Another reason for high valuations is equity market concentration. The top 10 companies are trading at 30x forward earnings and comprise ~42% of the market-cap weighted index. The rest of the index is trading at only 19x forward earnings. The top 10 companies are still expected to outpace the growth of the rest of the index over the next year, with almost double the growth, although this growth may already be priced into the stocks.

Fixed Income
Treasury yields declined in November so far despite a mixed reading from the delayed employment report. Essentially, treasuries experienced curve flattening. The 2-year yield fell as investors priced in a slightly greater probability of a December interest rate cut. In contrast, the October FOMC meeting minutes showed that a few Fed officials do not believe they should cut rates in December due to concerns over rising inflation.

Economic Data
The postponed September jobs report provided a mixed image. It presented better numbers than expected, but the unemployment rate ticked slightly higher. Most of the attention this holiday-shortened week will be on retail sales, consumer confidence, and producer prices. All this information is supposed to be released on Nov 25. The Producer Price Index for September is expected to be mixed after falling unexpectedly in August. Retail sales are expected to grow for the fourth consecutive month. The Consumer Confidence Index for November is expected to fall as concerns over inflation and employment weigh on consumers.

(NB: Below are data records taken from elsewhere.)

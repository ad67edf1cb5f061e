// The texts of records: whether a name is one, a number, and UTF-8.
ghost use Rattle.std.specs.Prelude.{◌≡◌, drop};
ghost use Rattle.std.specs.List.{list_all};
ghost use Rattle.regexes.specs.Regex.{in_class};
ghost use Rattle.strings.specs.Utf8.{Utf8};
ghost use Rattle.lexemes.specs.Rules.{alpha, alnum};
ghost use Rattle.lexemes.specs.Texts.{Numeral, Exponent, is_digit, is_e, is_sign};
ghost use Rattle.grammar.specs.Words.{NameText, NumberText};
ghost use Rattle.blocks.specs.Inside.{Says};
ghost use Rattle.images.specs.Inner.{Digits, SomeDigits, Tail};

use lexemes::words;
use strings::utf8;

// A byte of `[_a-zA-Z]`.
fn is_alpha(b: u8) -> bool
    ensures { result ≡ in_class alpha b }
{
    matches!(b, b'a'..=b'z' | b'A'..=b'Z' | b'_')
}

// A byte of `[_a-zA-Z0-9]`.
fn is_alnum(b: u8) -> bool
    ensures { result ≡ in_class alnum b }
{
    is_alpha(b) || is_digit(b)
}

// Whether a text is letters and digits.
fn is_word(text: &[u8]) -> bool
    ensures { result ≡ list_all (in_class alnum) text.now }
{
    text.iter().all(|b| is_alnum(*b))
}

// A name: an identifier and no keyword.
pub(crate) fn is_name(text: &[u8]) -> bool
    ensures { Says (NameText text.now) result }
{
    match text {
        [first, rest @ ..] => is_alpha(*first) && is_word(rest) && !words::is_keyword(text),
        [] => false,
    }
}

fn is_digit(b: u8) -> bool
    ensures { result ≡ is_digit b }
{
    matches!(b, b'0'..=b'9')
}

fn is_sign(b: u8) -> bool
    ensures { result ≡ is_sign b }
{
    matches!(b, b'+' | b'-')
}

fn is_e(b: u8) -> bool
    ensures { result ≡ is_e b }
{
    matches!(b, b'e' | b'E')
}

// The end of the digits from i on.
fn digits(text: &[u8], i: usize) -> usize
    ensures { Digits text.now i result }
{
    let mut end = i;
    while end < text.len() {
        if !is_digit(text[end]) {
            return end;
        }
        end += 1;
    }
    end
}

// Whether digits stand from i on to the end, at least one.
fn is_digits(text: &[u8], i: usize) -> bool
    ensures { Says (SomeDigits (drop i text.now)) result }
{
    let end = digits(text, i);
    if end == i {
        return false;
    }
    if end < text.len() {
        return false;
    }
    true
}

// Whether an exponent, or nothing, stands from i on to the end.
fn is_exponent(text: &[u8], i: usize) -> bool
    ensures { Says (Exponent (drop i text.now)) result }
{
    if text.len() <= i {
        return true;
    }
    if !is_e(text[i]) {
        return false;
    }
    if text.len() <= i + 1 {
        return false;
    }
    if is_sign(text[i + 1]) {
        return is_digits(text, i + 2);
    }
    is_digits(text, i + 1)
}

// Whether what may follow a whole part stands from i on to the end.
fn is_tail(text: &[u8], i: usize) -> bool
    ensures { Says (Tail (drop i text.now)) result }
{
    if text.len() <= i {
        return true;
    }
    if text[i] != b'.' {
        return is_exponent(text, i);
    }
    let end = digits(text, i + 1);
    if end == i + 1 {
        return false;
    }
    is_exponent(text, end)
}

// A numeral: a number literal without underscores.
fn is_numeral(text: &[u8]) -> bool
    ensures { Says (Numeral text.now) result }
{
    if text.len() == 0 {
        return false;
    }
    let b = text[0];
    if b == b'0' {
        return is_tail(text, 1);
    }
    if !is_digit(b) {
        return false;
    }
    is_tail(text, digits(text, 1))
}

// A number: a numeral below what a double holds.
pub(crate) fn is_number(text: &[u8]) -> bool
    ensures { Says (NumberText text.now) result }
{
    is_numeral(text) && !numerals::too_large(text)
}

pub(crate) fn is_utf8(text: &[u8]) -> bool
    ensures { Says (Utf8 text.now) result }
{
    utf8::valid_to(text) >= text.len()
}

Looking Ahead to Next Year
December will be pivotal for the Fed’s next move and the clarity on the economic data backlog. The jobs data, inflation trends, and forward guidance will likely drive market positioning into the new year. For 2026, financial market practitioners are currently projecting US equities to outperform their global peers, underpinned by strong earnings growth and structural capex shifts.

Conclusion
Despite the uncertainty that defined November (ranging from elevated volatility and delayed economic data to shifting expectations around Fed policy) the broader market and economic backdrop remain resilient. With corporate earnings still strong, GDP growth running above trend, and international equities beginning to show renewed promise, the foundation for long-term investors is sturdier than recent headlines may suggest. As we move into December and approach a year shaped by pivotal monetary decisions and evolving AI-driven capital investment, maintaining a disciplined, fundamentals-based approach will be essential.